«Los comunistas consideran indigno ocultar sus ideas y propósitos. Proclaman abiertamente que sus objetivos sólo pueden ser alcanzados derrocando por la violencia todo el orden social existente. Que las clases dominantes tiemblen ante una Revolución Comunista. Los proletarios no tienen nada que perder en ella más que sus cadenas. Tienen, en cambio, un mundo que ganar». (Karl Marx y Friedrich Engels; «Manifiesto del Partido Comunista», 1848)

viernes, 22 de noviembre de 2013

Sobre la esencia burguesa del revisionismo


«Partiendo de los fundamentos teórico-prácticos, de las contradicciones antagónicas inevitables que surgen entre la «ciencia dialéctica» del marxismo-leninismo y el «idealismo-metafísico» del revisionismo, este último expresión del pensamiento burgués-pequeñoburgués independientemente de que se llame jruschovismo, maoísmo, titoismo, eurocomunismo, socialismo del siglo XXI, socialismo inteligente, etc.

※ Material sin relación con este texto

//! A module by the program headers of its file, as a loader has mapped it (System V ABI chapter 5,
//! "Program Loading"; LSB Core, "The .eh_frame_hdr section").
ghost use Rattle.std.specs.Prelude.{◌≡◌};
ghost use Rattle.cfi_read_core.specs.Addresses.{IsAddressSize};
ghost use Rattle.cfi_read_core.specs.ReaderCalls.{map_ok};
ghost use Rattle.cfi_c.specs.LoadedImages.{IsModuleMade, bases_of, image_module, image_module_view};
ghost use Rattle.cfi_c.specs.LoadedImages.{image_status, placed_header, placed_in, placed_section};
ghost use Rattle.cfi_c.specs.LoadedImages.{placed_view, pointed_to, refused_by, sized_module};
ghost use Rattle.cfi_c.specs.PassedMemories.{bytes_in};

use crate::memory::{CfiWindow, bytes_in};
use crate::module::CfiModule;
use crate::program_header::{CfiProgramHeader, header_segment, range_of, segment_at};
use crate::refusal::{NO_HEADER, NO_SECTION, NO_SEGMENTS, NOT_IN_MEMORY, number_of};
use crate::section::{CfiBases, bases_of as section_bases, endian_of, is_sized};
use gimli_cfi::{EhFrameHdr, Error};

/// Why no module is found.
#[derive(Clone, Copy)]
pub enum ImageError {
    /// No segment is loaded.
    NoSegments,
    /// There is no segment of `.eh_frame_hdr`.
    NoHeader,
    /// The header points to no segment that is loaded.
    NoSection,
    /// No window has all bytes of the header or of the section.
    NotInMemory,
    /// The header can't be read, or an address has no such size.
    Refused(Error),
}

/// Bytes at an address of the process.
#[derive(Clone, Copy)]
pub struct Placed<'a> {
    pub address: u64,
    pub bytes: &'a [u8],
}

/// Writes the module of a file that is loaded, by its program headers: its code from the first
/// address of a segment to the last; `.eh_frame_hdr` by the segment of type `PT_GNU_EH_FRAME`; and
/// `.eh_frame` from where that points to the end of the file's bytes of the segment.
///
/// `bias` is how far the file is moved. Both sections are in the windows, of whose other bytes none
/// is read. Of the bases those of text and data, the byte order, the vendor and the address size
/// are the module's.
///
/// Returns 0; `NO_SEGMENTS`, `NO_HEADER`, `NO_SECTION` or `NOT_IN_MEMORY`; the number of an error
/// of the header, or of `UnsupportedAddressSize`. After an error nothing is written. Does not
/// allocate.
#[unsafe(no_mangle)]
pub extern "C" fn cfi_module_of_headers<'a>(
    headers: &[CfiProgramHeader],
    bias: u64,
    bases: &CfiBases,
    windows: &[CfiWindow<'a>],
    loaded: &mut CfiModule<'a>,
) -> i32
    ensures { IsModuleMade (image_module bases.now windows.now bias headers.now)
        (image_module_view loaded.old) (image_module_view loaded.new) result }
{
    match module_of(bases, windows, bias, headers) {
        Ok(found) => {
            *loaded = found;
            0
        }
        Err(error) => status_of(error),
    }
}

/// The status of an error.
fn status_of(error: ImageError) -> i32
    ensures { result ≡ image_status error }
{
    match error {
        ImageError::NoSegments => NO_SEGMENTS,
        ImageError::NoHeader => NO_HEADER,
        ImageError::NoSection => NO_SECTION,
        ImageError::NotInMemory => NOT_IN_MEMORY,
        ImageError::Refused(error) => number_of(error),
    }
}

/// The module, with these bases of text and data.
fn module_of<'a>(
    bases: &CfiBases,
    windows: &[CfiWindow<'a>],
    bias: u64,
    headers: &[CfiProgramHeader],
) -> Result<CfiModule<'a>, ImageError>
    ensures { map_ok image_module_view result
        ≡ image_module bases.now windows.now bias headers.now }
{
    if is_sized(bases.address_size) {
        return sized_module(bases, windows, bias, headers);
    }
    Err(ImageError::Refused(Error::UnsupportedAddressSize(bases.address_size)))
}

/// The same, if the size of an address is one.
#[tactic(auto, unfolding(crate::specs::LoadedImages::sized_module))]
fn sized_module<'a>(
    bases: &CfiBases,
    windows: &[CfiWindow<'a>],
    bias: u64,
    headers: &[CfiProgramHeader],
) -> Result<CfiModule<'a>, ImageError>
    requires { IsAddressSize bases.now.address_size }
    ensures { map_ok image_module_view result
        ≡ sized_module bases.now windows.now bias headers.now }
{
    let Some(range) = range_of(headers, bias) else {
        return Err(ImageError::NoSegments);
    };
    let header = header_in(windows, bias, headers)?;
    let address = pointed_to(bases, header)?;
    let section = section_in(windows, bias, headers, address)?;
    Ok(CfiModule {
        start: range.start,
        end: range.end,
        section: section.bytes,
        header: header.bytes,
        bases: bases_of(bases, section.address, header.address),
    })
}

/// The bases of a module whose sections are at these addresses.
fn bases_of(given: &CfiBases, section: u64, header: u64) -> CfiBases
    ensures { result ≡ bases_of given.now section header }
{
    CfiBases {
        section,
        header,
        text: given.text,
        data_base: given.data_base,
        big_endian: given.big_endian,
        debug_frame: false,
        aarch64: given.aarch64,
        address_size: given.address_size,
    }
}

/// The bytes of `.eh_frame_hdr`, where they are loaded.
#[tactic(auto, unfolding(crate::specs::LoadedImages::placed_header))]
fn header_in<'a>(
    windows: &[CfiWindow<'a>],
    bias: u64,
    headers: &[CfiProgramHeader],
) -> Result<Placed<'a>, ImageError>
    ensures { map_ok placed_view result ≡ placed_header windows.now bias headers.now }
{
    let Some(segment) = header_segment(headers) else {
        return Err(ImageError::NoHeader);
    };
    placed_in(
        windows,
        segment.p_vaddr.wrapping_add(bias),
        segment.p_filesz,
    )
}

/// Where the header points.
#[tactic(auto, unfolding(crate::specs::LoadedImages::pointed_to))]
fn pointed_to(bases: &CfiBases, header: Placed<'_>) -> Result<u64, ImageError>
    requires { IsAddressSize bases.now.address_size }
    ensures { result ≡ pointed_to bases.now (placed_view header.entry) }
{
    let at = bases_of(bases, 0, header.address);
    let section = EhFrameHdr::new(header.bytes, endian_of(bases));
    match section.parse(&section_bases(&at), bases.address_size) {
        Ok(parsed) => refused_by(parsed.eh_frame_ptr().direct()),
        Err(error) => Err(ImageError::Refused(error)),
    }
}

/// An error of the header as one of images.
fn refused_by(found: Result<u64, Error>) -> Result<u64, ImageError>
    ensures { result ≡ refused_by found }
{
    match found {
        Ok(address) => Ok(address),
        Err(error) => Err(ImageError::Refused(error)),
    }
}

/// The bytes from an address of the process to the end of the file's bytes of its segment, where
/// they are loaded.
#[tactic(auto, unfolding(crate::specs::LoadedImages::placed_section))]
fn section_in<'a>(
    windows: &[CfiWindow<'a>],
    bias: u64,
    headers: &[CfiProgramHeader],
    address: u64,
) -> Result<Placed<'a>, ImageError>
    ensures { map_ok placed_view result ≡ placed_section windows.now bias headers.now address }
{
    let place = address.wrapping_sub(bias);
    let Some(segment) = segment_at(headers, place) else {
        return Err(ImageError::NoSection);
    };
    placed_in(
        windows,
        address,
        segment.p_filesz - (place - segment.p_vaddr),
    )
}

/// So many bytes at an address.
fn placed_in<'a>(
    windows: &[CfiWindow<'a>],
    address: u64,
    size: u64,
) -> Result<Placed<'a>, ImageError>
    ensures { map_ok placed_view result ≡ placed_in windows.now address size }
{
    match bytes_in(windows, address, size) {
        Some(bytes) => Ok(Placed { address, bytes }),
        None => Err(ImageError::NotInMemory),
    }
}
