//! The modules that C passes.
ghost use Rattle.std.specs.Prelude.{◌≡◌, ◌<◌, true, None, IfSome, length, position};
ghost use Rattle.std.specs.Option.{option_map};
ghost use Rattle.cfi_read_core.specs.Addresses.{IsAddressSize};
ghost use Rattle.cfi_read_core.specs.ByteOrder.{is_big};
ghost use Rattle.cfi_read_core.specs.SliceReaders.{slice_over, slice_position};
ghost use Rattle.cfi_entry.specs.SectionViews.{eh_frame_view};
ghost use Rattle.gimli_cfi.specs.HeaderViews.{header_reader, section_view, unparsed_view};
ghost use Rattle.cfi_step.specs.CodeRanges.{are_sorted};
ghost use Rattle.cfi_c.specs.PassedSections.{eh_frame_of, header_in, passed_header};
ghost use Rattle.cfi_c.specs.PassedModules.{code_end, code_start, has_code, is_debug_frame};
ghost use Rattle.cfi_c.specs.PassedModules.{passed_module_at, sized};

use crate::section::{CfiBases, bases_of, endian_of, vendor_of};
use cfi_step::code_ranges::{code_at, has_code};
use cfi_step::{HasCode, LoadedModule};
use gimli_cfi::{EhFrame, EhFrameHdr, EndianSlice, RunTimeEndian};

/// A module as it is loaded.
#[repr(C)]
#[derive(Drop)]
pub struct CfiModule<'a> {
    /// The first address of its code, and the first after it.
    pub start: u64,
    pub end: u64,
    /// `.eh_frame`; or `.debug_frame`, if the bases say so and there is no header.
    pub section: &'a [u8],
    /// `.eh_frame_hdr`; empty if there is none.
    pub header: &'a [u8],
    /// Where the two are loaded. The address size is that of the stack.
    pub bases: CfiBases,
}

impl HasCode for CfiModule<'_> {
    ghost use Rattle.cfi_c.specs.PassedModules.{code_end, code_start};

    ghost start = { code_start };

    ghost end = { code_end };

    fn start(&self) -> u64 {
        self.start
    }

    fn end(&self) -> u64 {
        self.end
    }
}

/// Whether the module's section is `.debug_frame`: it says so, and has no header.
pub fn is_debug_frame(module: &CfiModule<'_>) -> bool
    ensures { result ≡ is_debug_frame module.now }
{
    module.bases.debug_frame && module.header.is_empty()
}

/// The first module whose code the address is in: by halving, if the modules are in order.
pub fn module_at<'m, 'a>(
    modules: &'m [CfiModule<'a>],
    are_in_order: bool,
    address: u64,
) -> Option<&'m CfiModule<'a>>
    requires { are_in_order ≡ true → are_sorted code_start code_end 0 modules.now ≡ true }
    ensures { option_map (λ loaded. loaded.now) result ≡ passed_module_at modules.now address }
{
    if are_in_order {
        return code_at(modules, address);
    }
    match module_index(modules, address) {
        Some(index) => Some(&modules[index]),
        None => None,
    }
}

/// How many modules are before it.
fn module_index(modules: &[CfiModule<'_>], address: u64) -> Option<usize>
    ensures index { result ≡ position (λ loaded. has_code loaded address) modules.now }
    ensures bound { IfSome result (λ index. index < length modules.now) }
{
    modules.iter().position(|module| has_code(module, address))
}

/// The module with its sections, whose addresses have this size. They are given at the addresses of
/// the process, so there is no bias.
pub fn loaded_of<'a>(
    module: &CfiModule<'a>,
    size: u8,
) -> LoadedModule<'a, EndianSlice<'a, RunTimeEndian>>
    requires { IsAddressSize size }
    ensures bytes { (eh_frame_view (slice_position is_big) result.frame).position
        ≡ slice_over module.now.section.now module.now.bases.big_endian }
    ensures section { section_view (slice_position is_big) result.frame result.bases
        ≡ eh_frame_of (sized size module.now.bases) module.now.section.now }
    ensures header { option_map
        (λ header. unparsed_view (slice_position is_big) header size result.bases) result.header
        ≡ option_map (passed_header (sized size module.now.bases))
        (header_in module.now.header.now) }
    ensures compiled { result.compiled ≡ None }
    ensures debug { result.debug ≡ None }
    ensures bias { result.bias ≡ 0 }
{
    let bases = &module.bases;
    let mut frame = EhFrame::new(module.section, endian_of(bases));
    frame.set_address_size(size);
    frame.set_vendor(vendor_of(bases));
    LoadedModule {
        start: module.start,
        end: module.end,
        bias: 0,
        file: 0,
        frame,
        header: header_of(module),
        bases: bases_of(bases),
        compiled: None,
        debug: None,
    }
}

/// The header of the module, if there is one.
fn header_of<'a>(module: &CfiModule<'a>) -> Option<EhFrameHdr<EndianSlice<'a, RunTimeEndian>>>
    ensures { option_map (λ header. slice_position is_big (header_reader header)) result
        ≡ option_map (λ bytes. slice_over bytes module.now.bases.big_endian)
        (header_in module.now.header.now) }
{
    if module.header.is_empty() {
        None
    } else {
        Some(EhFrameHdr::new(module.header, endian_of(&module.bases)))
    }
}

Podemos afirmar que los revisionismos guardan en común ya no solo la concesión nepótica-clientelar, oportunista y hasta servil, de los puesto (cargos) del Estado como expresión del poder de la clase —burguesa— que lo tiene en sus manos, sino incluso dentro de la organización que se pretende socialista, revolucionaria; con ello, la dirigencia que ya no pretende el socialismo desactiva toda pretensión emancipadora de los pueblos; sin lugar a duda, cuando eso ocurre, es debido a que el germen burgués que dormía en las filas, especialmente en la dirigencia, se ha desarrollado hasta la hegemonía del poder económico-político. Con frecuencia, la propaganda lo justifica en el supuesto acierto de la conducción de las dirigencias que ha usurpado el poder a la clase obrera y que encuentra un paralelismo repugnante con el concepto de «fe» en la práctica religiosa. En esencia se trata de la explotación de la subjetividad de cada sujeto —idealismo— individualmente hasta llegar al colectivo, alejando de este modo a la militancia y a las masas del pensamiento científico del socialismo y por extensión de la revolución socialista. Compréndase que esto ocurre bajo una densa niebla creada por la fraseología revolucionaria reiterativa, además de la cosificación del pensamiento revolucionario cuyo primer síntoma inequívoco es la nula preparación político-ideológica de la militancia por la organización, el abandono de la lucha de clases, la incorporación de tesis que defienden la propiedad privada de los medios de producción, la unidad entre las clases antagónicas allá donde actúa la organización, la convivencia con «los imperialismo» especialmente en lo concerniente a los campos económicos y políticos». (Nikolái BOLCHEVK; PML(c)N.KBML-1917.MK3; «Encuentro para la Reorganización Internacional del Movimiento Comunista Marxista-Leninista», «La Izquierda Latinoamericana y su Desempeño Revisionista»; 2013)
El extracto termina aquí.